Work request —
Report every line of the records that contains the word "target".

Provided information —
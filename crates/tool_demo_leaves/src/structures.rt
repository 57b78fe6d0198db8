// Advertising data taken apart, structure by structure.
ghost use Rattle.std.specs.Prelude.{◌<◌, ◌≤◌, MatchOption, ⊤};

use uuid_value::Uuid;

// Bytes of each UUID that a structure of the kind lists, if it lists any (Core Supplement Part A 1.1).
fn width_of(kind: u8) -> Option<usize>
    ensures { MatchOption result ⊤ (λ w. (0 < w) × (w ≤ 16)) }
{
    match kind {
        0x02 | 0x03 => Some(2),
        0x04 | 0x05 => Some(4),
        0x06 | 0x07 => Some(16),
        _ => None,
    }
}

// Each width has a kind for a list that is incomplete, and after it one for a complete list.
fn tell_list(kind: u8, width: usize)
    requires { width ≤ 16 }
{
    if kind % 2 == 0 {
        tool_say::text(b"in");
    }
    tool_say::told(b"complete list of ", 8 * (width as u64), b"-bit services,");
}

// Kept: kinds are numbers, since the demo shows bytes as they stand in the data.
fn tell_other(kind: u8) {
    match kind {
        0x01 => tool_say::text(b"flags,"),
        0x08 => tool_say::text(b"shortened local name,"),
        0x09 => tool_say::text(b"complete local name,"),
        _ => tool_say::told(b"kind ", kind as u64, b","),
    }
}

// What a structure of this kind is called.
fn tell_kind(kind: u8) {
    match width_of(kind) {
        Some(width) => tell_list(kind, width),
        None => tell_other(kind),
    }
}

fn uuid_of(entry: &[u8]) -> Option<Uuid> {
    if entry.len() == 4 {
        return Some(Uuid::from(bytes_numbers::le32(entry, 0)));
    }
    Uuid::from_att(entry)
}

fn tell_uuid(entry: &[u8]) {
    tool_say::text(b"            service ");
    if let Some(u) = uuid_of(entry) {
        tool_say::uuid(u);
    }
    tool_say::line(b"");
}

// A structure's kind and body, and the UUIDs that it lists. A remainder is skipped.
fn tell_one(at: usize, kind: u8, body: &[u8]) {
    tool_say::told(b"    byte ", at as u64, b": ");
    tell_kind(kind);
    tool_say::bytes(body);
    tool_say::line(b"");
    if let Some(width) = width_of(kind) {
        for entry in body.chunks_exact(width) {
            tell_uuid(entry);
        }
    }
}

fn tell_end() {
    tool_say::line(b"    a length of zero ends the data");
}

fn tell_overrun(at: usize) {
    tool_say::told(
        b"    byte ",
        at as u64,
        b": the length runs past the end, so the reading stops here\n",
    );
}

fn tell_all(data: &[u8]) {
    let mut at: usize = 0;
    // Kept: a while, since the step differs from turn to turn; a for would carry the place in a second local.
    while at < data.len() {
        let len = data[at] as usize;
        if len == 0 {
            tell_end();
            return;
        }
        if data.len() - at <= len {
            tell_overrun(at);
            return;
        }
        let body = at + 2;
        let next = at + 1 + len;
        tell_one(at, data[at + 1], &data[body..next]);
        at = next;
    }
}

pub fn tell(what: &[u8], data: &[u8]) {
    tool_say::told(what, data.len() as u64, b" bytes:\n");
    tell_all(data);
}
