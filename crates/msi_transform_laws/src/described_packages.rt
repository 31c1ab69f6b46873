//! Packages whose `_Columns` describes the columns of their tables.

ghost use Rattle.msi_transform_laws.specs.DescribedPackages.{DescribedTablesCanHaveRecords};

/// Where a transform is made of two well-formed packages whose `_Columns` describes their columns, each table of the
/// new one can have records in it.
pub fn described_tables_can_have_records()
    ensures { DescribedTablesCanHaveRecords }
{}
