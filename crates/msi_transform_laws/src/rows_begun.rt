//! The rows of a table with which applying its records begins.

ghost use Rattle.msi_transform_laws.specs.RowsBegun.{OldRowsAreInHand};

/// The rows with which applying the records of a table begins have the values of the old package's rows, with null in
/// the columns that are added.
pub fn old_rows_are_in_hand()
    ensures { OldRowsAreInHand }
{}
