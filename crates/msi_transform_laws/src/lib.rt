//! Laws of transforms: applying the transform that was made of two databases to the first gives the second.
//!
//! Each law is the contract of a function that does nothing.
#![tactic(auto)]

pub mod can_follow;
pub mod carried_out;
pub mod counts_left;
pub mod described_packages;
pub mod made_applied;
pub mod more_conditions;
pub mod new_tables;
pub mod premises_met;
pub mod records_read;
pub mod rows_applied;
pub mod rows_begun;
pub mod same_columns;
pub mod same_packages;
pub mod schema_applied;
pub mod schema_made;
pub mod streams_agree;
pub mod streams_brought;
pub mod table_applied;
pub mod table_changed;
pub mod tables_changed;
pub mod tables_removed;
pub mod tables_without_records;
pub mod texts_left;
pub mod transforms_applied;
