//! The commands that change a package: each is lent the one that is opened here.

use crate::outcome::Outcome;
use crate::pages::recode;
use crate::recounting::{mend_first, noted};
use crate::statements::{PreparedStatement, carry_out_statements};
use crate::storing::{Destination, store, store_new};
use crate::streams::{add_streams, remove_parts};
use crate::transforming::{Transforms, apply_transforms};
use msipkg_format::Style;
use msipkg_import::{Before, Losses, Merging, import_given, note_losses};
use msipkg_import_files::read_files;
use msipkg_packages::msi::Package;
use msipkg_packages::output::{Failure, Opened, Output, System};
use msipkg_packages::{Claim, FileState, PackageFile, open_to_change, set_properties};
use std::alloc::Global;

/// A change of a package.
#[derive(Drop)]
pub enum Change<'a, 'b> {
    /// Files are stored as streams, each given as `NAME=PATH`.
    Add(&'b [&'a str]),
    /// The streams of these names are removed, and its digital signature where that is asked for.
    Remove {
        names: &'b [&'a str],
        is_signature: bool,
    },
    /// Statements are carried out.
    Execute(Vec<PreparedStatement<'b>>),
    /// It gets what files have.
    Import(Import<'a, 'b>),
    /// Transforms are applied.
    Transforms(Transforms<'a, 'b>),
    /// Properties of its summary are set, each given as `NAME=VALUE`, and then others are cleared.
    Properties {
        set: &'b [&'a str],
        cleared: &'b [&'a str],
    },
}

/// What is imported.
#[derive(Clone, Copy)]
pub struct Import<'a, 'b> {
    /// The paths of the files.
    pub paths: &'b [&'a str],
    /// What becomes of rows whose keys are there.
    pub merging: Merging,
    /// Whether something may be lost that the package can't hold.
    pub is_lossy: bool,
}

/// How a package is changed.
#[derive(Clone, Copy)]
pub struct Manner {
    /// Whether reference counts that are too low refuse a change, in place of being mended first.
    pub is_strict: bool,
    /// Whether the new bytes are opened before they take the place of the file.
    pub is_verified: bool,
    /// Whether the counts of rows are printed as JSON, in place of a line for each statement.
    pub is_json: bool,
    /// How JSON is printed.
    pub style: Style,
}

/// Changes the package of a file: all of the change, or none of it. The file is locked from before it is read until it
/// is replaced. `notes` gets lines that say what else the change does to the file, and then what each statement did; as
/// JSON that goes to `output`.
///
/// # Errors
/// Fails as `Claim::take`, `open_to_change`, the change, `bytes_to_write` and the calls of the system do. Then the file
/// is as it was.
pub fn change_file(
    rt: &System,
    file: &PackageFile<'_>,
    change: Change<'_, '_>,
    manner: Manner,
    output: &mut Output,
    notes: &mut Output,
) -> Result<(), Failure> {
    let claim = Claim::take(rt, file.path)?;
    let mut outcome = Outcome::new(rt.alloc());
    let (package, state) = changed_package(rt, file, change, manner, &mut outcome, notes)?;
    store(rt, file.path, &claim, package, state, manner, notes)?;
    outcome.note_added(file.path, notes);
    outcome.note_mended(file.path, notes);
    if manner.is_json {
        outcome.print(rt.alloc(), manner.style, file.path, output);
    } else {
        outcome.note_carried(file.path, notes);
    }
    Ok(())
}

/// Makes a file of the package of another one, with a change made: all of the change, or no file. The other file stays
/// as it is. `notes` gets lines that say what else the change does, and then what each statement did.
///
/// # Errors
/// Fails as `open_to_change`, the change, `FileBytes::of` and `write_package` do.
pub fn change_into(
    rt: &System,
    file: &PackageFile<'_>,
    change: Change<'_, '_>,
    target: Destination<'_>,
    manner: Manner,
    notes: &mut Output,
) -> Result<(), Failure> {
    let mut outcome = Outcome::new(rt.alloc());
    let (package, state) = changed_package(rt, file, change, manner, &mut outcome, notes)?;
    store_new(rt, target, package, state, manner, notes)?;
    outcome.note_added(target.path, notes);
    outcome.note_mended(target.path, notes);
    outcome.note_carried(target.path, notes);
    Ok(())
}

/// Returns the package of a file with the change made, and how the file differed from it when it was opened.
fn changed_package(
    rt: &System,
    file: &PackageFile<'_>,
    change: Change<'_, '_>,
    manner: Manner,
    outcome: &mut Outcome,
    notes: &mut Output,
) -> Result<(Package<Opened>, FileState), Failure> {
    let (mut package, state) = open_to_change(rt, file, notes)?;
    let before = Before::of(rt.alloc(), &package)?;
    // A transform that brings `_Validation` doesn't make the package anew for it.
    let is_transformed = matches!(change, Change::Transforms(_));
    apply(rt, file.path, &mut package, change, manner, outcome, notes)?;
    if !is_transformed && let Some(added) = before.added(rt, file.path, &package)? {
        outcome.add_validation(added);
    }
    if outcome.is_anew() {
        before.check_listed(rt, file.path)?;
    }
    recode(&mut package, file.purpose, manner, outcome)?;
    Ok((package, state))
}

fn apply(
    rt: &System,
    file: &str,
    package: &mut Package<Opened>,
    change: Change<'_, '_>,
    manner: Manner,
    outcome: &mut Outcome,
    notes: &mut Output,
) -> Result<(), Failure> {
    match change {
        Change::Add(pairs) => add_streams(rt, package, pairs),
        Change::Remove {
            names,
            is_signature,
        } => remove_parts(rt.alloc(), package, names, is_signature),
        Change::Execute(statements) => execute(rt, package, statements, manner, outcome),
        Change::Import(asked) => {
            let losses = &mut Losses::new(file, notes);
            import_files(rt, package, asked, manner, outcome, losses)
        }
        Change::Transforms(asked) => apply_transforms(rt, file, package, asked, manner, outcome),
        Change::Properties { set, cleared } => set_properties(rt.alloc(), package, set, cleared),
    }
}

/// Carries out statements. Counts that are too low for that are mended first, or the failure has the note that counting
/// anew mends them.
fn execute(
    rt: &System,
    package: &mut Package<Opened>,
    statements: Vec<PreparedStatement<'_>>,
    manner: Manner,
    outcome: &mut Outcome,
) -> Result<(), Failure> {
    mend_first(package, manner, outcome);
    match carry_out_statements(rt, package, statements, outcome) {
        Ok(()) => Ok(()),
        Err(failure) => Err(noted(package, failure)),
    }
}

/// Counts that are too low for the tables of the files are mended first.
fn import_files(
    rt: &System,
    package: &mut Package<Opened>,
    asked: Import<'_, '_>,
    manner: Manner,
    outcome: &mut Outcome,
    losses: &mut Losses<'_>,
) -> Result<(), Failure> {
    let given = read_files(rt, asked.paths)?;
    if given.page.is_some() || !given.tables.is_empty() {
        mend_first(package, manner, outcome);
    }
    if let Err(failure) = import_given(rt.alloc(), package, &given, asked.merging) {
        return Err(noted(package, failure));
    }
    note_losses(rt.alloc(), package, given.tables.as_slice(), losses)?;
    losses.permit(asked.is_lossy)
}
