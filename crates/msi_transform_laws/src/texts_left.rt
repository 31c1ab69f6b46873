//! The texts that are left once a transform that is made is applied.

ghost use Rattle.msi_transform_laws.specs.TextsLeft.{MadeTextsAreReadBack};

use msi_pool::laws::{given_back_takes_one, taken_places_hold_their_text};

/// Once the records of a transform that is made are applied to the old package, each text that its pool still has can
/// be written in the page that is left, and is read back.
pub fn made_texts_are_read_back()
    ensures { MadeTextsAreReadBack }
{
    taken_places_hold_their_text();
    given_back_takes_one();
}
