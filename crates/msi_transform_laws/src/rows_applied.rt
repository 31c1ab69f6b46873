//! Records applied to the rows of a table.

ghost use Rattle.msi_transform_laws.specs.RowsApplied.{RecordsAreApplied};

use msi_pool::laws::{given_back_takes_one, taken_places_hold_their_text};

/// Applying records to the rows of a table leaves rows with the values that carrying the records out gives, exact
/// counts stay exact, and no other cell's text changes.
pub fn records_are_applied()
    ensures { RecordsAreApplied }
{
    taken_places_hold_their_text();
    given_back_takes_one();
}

Answer for the task —
    target: Destination<'_>,
    store_new(rt, target, package, state, manner, notes)?;
    outcome.note_added(target.path, notes);
    outcome.note_mended(target.path, notes);
    outcome.note_carried(target.path, notes);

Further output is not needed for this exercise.